Vielfach sind es "professionelle" Truppen, die von den Spieleherstellern eigens zum Posieren mit Fans engagiert wurden (Darth Vader & Co. sind zum Beispiel von EA für SWTOR gebucht worden). Aber in der Tat sind uns auch jede Menge Cosplayer aufgefallen, die auf eigene Faust nach Köln gereist sind.

Die Sturmtruppler sind in ihren Rüstungen angesichts der tropischen Außentemperaturen nicht zu beneiden 

Petra
PC Games


----------



## Shadow_Man (15. August 2012)

Die Mädels auf der Gamescom sind meist deutlich hübscher als die auf der E3. Sind vor allem natürlicher und nicht solche Plastikpuppen wie in Amerika


----------



## baiR (15. August 2012)

Shadow_Man schrieb:


> Die Mädels auf der Gamescom sind meist deutlich hübscher als die auf der E3. Sind vor allem natürlicher und nicht solche Plastikpuppen wie in Amerika


 
Habe mir genau das gleiche gedacht. Vor allem die süße Schokopraline auf Bild 2 ist sehr hübsch.


----------



## Shadow_Man (15. August 2012)

baiR schrieb:


> Habe mir genau das gleiche gedacht. Vor allem die süße Schokopraline auf Bild 2 ist sehr hübsch.


 

Ich glaube wir haben den gleichen Frauengeschmack. Die gefällt mir auch sehr gut


----------



## springenderBusch (15. August 2012)

Finger weg !!!
Die gehört mir !


----------



## TheClayAllison (16. August 2012)

Ähm...aha... ich bin weg, Köln ich kommeeee!


----------



## Rabowke (16. August 2012)

.... nicht mein Geschmack.

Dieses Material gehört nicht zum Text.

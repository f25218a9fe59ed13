//! Replies, and how transactions end.

ghost use Rattle.std.specs.Prelude.{◌≡◌, ◌++◌, OnOk};
ghost use Rattle.event_json.specs.Replies.{busy_text, decided_text, decision_text, ended_text, held_text, locked_text, reply_text, said_text, said_word, told_text, verdict_text};

use crate::copies::{push_prefix, push_version};
use crate::locks::push_locks;
use crate::strings::{push_member, truth};
use rep_core::{Decision, Lock, Reply, Verdict};
use std::alloc::{AllocError, Global};
use suite_prefix::Prefix;
use suite_script::{push_answered, push_refused};

/// What a server answers.
pub fn push_reply(alloc: Global, text: &mut Vec<u8>, reply: &Reply) -> Result<(), AllocError>
    ensures { OnOk result (text.new.items ≡ text.old.items ++ reply_text reply.now) }
{
    text.extend_from_slice(b"{\"says\":\"")?;
    text.extend_from_slice(said_word(reply))?;
    text.extend_from_slice(b"\"")?;
    push_said(alloc, text, reply)?;
    text.extend_from_slice(b"}")
}

/// What a server answers, in a word.
fn said_word(reply: &Reply) -> &'static [u8]
    ensures { result.now ≡ said_word reply.now }
{
    match reply {
        Reply::Held { .. } => b"held",
        Reply::Busy { .. } => b"busy",
        Reply::Given { .. } => b"given",
        Reply::Verdict(_) => b"verdict",
        Reply::Locked(_) => b"locked",
        Reply::Lost => b"lost",
        Reply::Prepared => b"prepared",
        Reply::Done => b"done",
        Reply::Down => b"down",
    }
}

/// What stands behind the word.
fn push_said(alloc: Global, text: &mut Vec<u8>, reply: &Reply) -> Result<(), AllocError>
    ensures { OnOk result (text.new.items ≡ text.old.items ++ said_text reply.now) }
{
    match reply {
        Reply::Held { prefix, dver } => push_held(text, prefix, *dver),
        Reply::Busy { holder, prepared } => push_busy(text, *holder, *prepared),
        Reply::Given { dver, content } => push_version(alloc, text, *dver, content),
        Reply::Verdict(verdict) => push_told(alloc, text, verdict),
        Reply::Locked(locks) => push_locked(text, locks.as_slice()),
        Reply::Lost => Ok(()),
        Reply::Prepared => Ok(()),
        Reply::Done => Ok(()),
        Reply::Down => Ok(()),
    }
}

fn push_held(text: &mut Vec<u8>, prefix: &Prefix, dver: u64) -> Result<(), AllocError>
    ensures { OnOk result (text.new.items ≡ text.old.items ++ held_text prefix.now dver) }
{
    text.extend_from_slice(b",")?;
    push_prefix(text, prefix)?;
    push_member(text, b",\"content\":", dver)
}

fn push_busy(text: &mut Vec<u8>, holder: u64, prepared: bool) -> Result<(), AllocError>
    ensures { OnOk result (text.new.items ≡ text.old.items ++ busy_text holder prepared) }
{
    push_member(text, b",\"holder\":", holder)?;
    text.extend_from_slice(b",\"prepared\":")?;
    text.extend_from_slice(truth(prepared))
}

fn push_told(alloc: Global, text: &mut Vec<u8>, verdict: &Verdict) -> Result<(), AllocError>
    ensures { OnOk result (text.new.items ≡ text.old.items ++ told_text verdict.now) }
{
    text.extend_from_slice(b",\"verdict\":")?;
    push_verdict(alloc, text, verdict)
}

fn push_locked(text: &mut Vec<u8>, locks: &[Lock]) -> Result<(), AllocError>
    ensures { OnOk result (text.new.items ≡ text.old.items ++ locked_text locks.now) }
{
    text.extend_from_slice(b",\"locks\":")?;
    push_locks(text, locks)
}

/// How a transaction ended, as `play` tells it.
pub fn push_verdict(alloc: Global, text: &mut Vec<u8>, verdict: &Verdict) -> Result<(), AllocError>
    ensures { OnOk result (text.new.items ≡ text.old.items ++ verdict_text verdict.now) }
{
    text.extend_from_slice(b"\"")?;
    push_ended(alloc, text, verdict)?;
    text.extend_from_slice(b"\"")
}

fn push_ended(alloc: Global, text: &mut Vec<u8>, verdict: &Verdict) -> Result<(), AllocError>
    ensures { OnOk result (text.new.items ≡ text.old.items ++ ended_text verdict.now) }
{
    match verdict {
        Verdict::Answered(answers) => push_answered(alloc, text, answers.as_slice()),
        Verdict::Refused(refusal) => push_refused(text, *refusal),
        Verdict::Aborted => text.extend_from_slice(b"aborted"),
    }
}

/// How a transaction is to be decided, as `play` tells it.
pub(crate) fn push_decision(
    alloc: Global,
    text: &mut Vec<u8>,
    decision: &Decision,
) -> Result<(), AllocError>
    ensures { OnOk result (text.new.items ≡ text.old.items ++ decision_text decision.now) }
{
    text.extend_from_slice(b"\"")?;
    push_decided(alloc, text, decision)?;
    text.extend_from_slice(b"\"")
}

fn push_decided(alloc: Global, text: &mut Vec<u8>, decision: &Decision) -> Result<(), AllocError>
    ensures { OnOk result (text.new.items ≡ text.old.items ++ decided_text decision.now) }
{
    match decision {
        Decision::Answered(answers) => push_answered(alloc, text, answers.as_slice()),
        Decision::Refused { uid: _, refusal } => push_refused(text, *refusal),
    }
}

Viel zu dick, viel zu natürlich. 




			Dieser Inhalt steht nur eingeloggten Mitgliedern zur Verfügung.


----------



## Raen (16. August 2012)

Euch fehlt noch das Bunny von DoA.


----------



## sauerlandboy79 (16. August 2012)

Rabowke schrieb:


> .... nicht mein Geschmack. Viel zu dick, viel zu natürlich.
> 
> 
> 
> ...


Findest wohl keine mit großen Brüsten und Rückentattoo, gell ?!


----------



## Shadow_Man (16. August 2012)

sauerlandboy79 schrieb:


> Findest wohl keine mit großen Brüsten und Rückentattoo, gell ?!


 
Dann noch so ein Riesen-Tattoo einer Computerspielwelt. So die Skyrim-Karte auf dem Rücken. "Halt doch mal still, ich will grad gucken, wo ich bin."


----------



## sauerlandboy79 (16. August 2012)

Shadow_Man schrieb:


> Dann noch so ein Riesen-Tattoo einer Computerspielwelt. So die Skyrim-Karte auf dem Rücken. "Halt doch mal still, ich will grad gucken, wo ich bin."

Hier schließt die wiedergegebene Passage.